Whenever a line in this data holds the word "StepsPass", report that line in full.

Stored dataset items:
****************************************

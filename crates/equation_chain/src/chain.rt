//! The chain of a certificate: its steps and its lines.
ghost use Rattle.std.specs.Prelude.{◌+◌, ◌<◌, ◌≤◌, length, All, IfOk, IfErr, OnOk};
ghost use Rattle.coef_int.specs.Range.{IsCoefficient};
ghost use Rattle.certificate_text.specs.Evidence.{IsRowOver};
ghost use Rattle.equation_chain.specs.Faults.{IsAccepted, StepsPass, IsExplained, IsFirstFault, IsMemory};
ghost use Rattle.equation_chain.specs.Made.{IsChainOf, IsMaking, IsWritable};

use crate::ChainFault;
use crate::line::{Line, first_line, next_line};
use adjoint_rules::Problem;
use cofactor_checker::check;
use lists::{Duplicate, Listing};
use nc_polynomial::Poly;
use std::alloc::Global;
use traced_rows::{CertRow, Certificate};

/// A proof of a claim, a line at a time.
#[derive(Drop)]
pub struct Chain {
    /// The number of the claim, counted from 1.
    pub claim: u32,
    /// The positive integer by which the claim is multiplied.
    pub denominator: i128,
    /// The rows of the certificate that have the claim's signature and are not zero, in order.
    pub steps: Listing<CertRow>,
    /// The denominator times the claim, and after each step the line, down to zero.
    pub lines: Listing<Poly>,
}

/// The chain of a certificate. Each fault is returned exactly where it is the first: what `check` refuses, and then step by step the
/// faults of `left_right` and `combine`, and the limit of the letters of all lines.
pub fn explain(
    alloc: Global,
    problem: &Problem,
    certificate: &Certificate,
) -> Result<Chain, ChainFault>
    requires rows { length certificate.now.rows ≤ 4294967295 }
    requires denominator { IsCoefficient certificate.now.denominator }
    requires coefficients { All (λ r. IsCoefficient r.coef) certificate.now.rows }
    ensures chain { IfOk result (IsChainOf problem.now certificate.now) }
    ensures explained { OnOk result (IsExplained problem.now certificate.now) }
    ensures fault { IfErr result (IsFirstFault problem.now certificate.now) }
    ensures complete { IsExplained problem.now certificate.now → IfErr result IsMemory }
    ensures writable { All (IsRowOver problem.now.parts.quiver) certificate.now.rows → IfOk result (IsWritable problem.now.parts.quiver) }
{
    check(alloc, problem, certificate)?;
    made_chain(alloc, problem, certificate)
}

// The chain of a certificate that is accepted.
fn made_chain(
    alloc: Global,
    problem: &Problem,
    certificate: &Certificate,
) -> Result<Chain, ChainFault>
    requires few { length certificate.now.rows ≤ 4294967295 }
    requires denominator { IsCoefficient certificate.now.denominator }
    requires coefficients { All (λ r. IsCoefficient r.coef) certificate.now.rows }
    requires accepted { IsAccepted problem.now certificate.now }
    ensures chain { IfOk result (IsChainOf problem.now certificate.now) }
    ensures passed { OnOk result (StepsPass problem.now certificate.now (length certificate.now.rows)) }
    ensures fault { IfErr result (IsFirstFault problem.now certificate.now) }
{
    let line = first_line(problem, certificate)?;
    let steps = Listing::new(alloc);
    let lines = Listing::new(alloc);
    let mut making = Making { line, steps, lines };
    for place in 0..certificate.rows.len() {
        making = go_on(problem, certificate, place, making)?;
    }
    let mut lines = making.lines;
    lines.push(making.line.poly)?;
    Ok(Chain {
        claim: certificate.claim,
        denominator: certificate.denominator,
        steps: making.steps,
        lines,
    })
}

// The chain up to some row: the steps so far, the present line, and the lines before it.
#[derive(Drop)]
struct Making {
    line: Line,
    steps: Listing<CertRow>,
    lines: Listing<Poly>,
}

// The same after the row at this place.
fn go_on(
    problem: &Problem,
    certificate: &Certificate,
    place: usize,
    making: Making,
) -> Result<Making, ChainFault>
    requires in_range { place < length certificate.now.rows }
    requires few { length certificate.now.rows ≤ 4294967295 }
    requires coefficients { All (λ r. IsCoefficient r.coef) certificate.now.rows }
    requires accepted { IsAccepted problem.now certificate.now }
    requires earlier { StepsPass problem.now certificate.now place }
    requires making { IsMaking problem.now certificate.now place making }
    ensures making { IfOk result (IsMaking problem.now certificate.now (place + 1)) }
    ensures passed { OnOk result (StepsPass problem.now certificate.now (place + 1)) }
    ensures fault { IfErr result (IsFirstFault problem.now certificate.now) }
{
    let row = certificate.rows.at(place);
    let next = next_line(problem, certificate, place, &making.line)?;
    match next {
        None => Ok(making),
        Some(line) => {
            let step = row.duplicate()?;
            let mut steps = making.steps;
            steps.push(step)?;
            let mut lines = making.lines;
            lines.push(making.line.poly)?;
            Ok(Making { line, steps, lines })
        }
    }
}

****************************************

> SOLUTION
ghost use Rattle.equation_chain.specs.Faults.{IsAccepted, StepsPass, IsExplained, IsFirstFault, IsMemory};
    ensures passed { OnOk result (StepsPass problem.now certificate.now (length certificate.now.rows)) }
    requires earlier { StepsPass problem.now certificate.now place }
    ensures passed { OnOk result (StepsPass problem.now certificate.now (place + 1)) }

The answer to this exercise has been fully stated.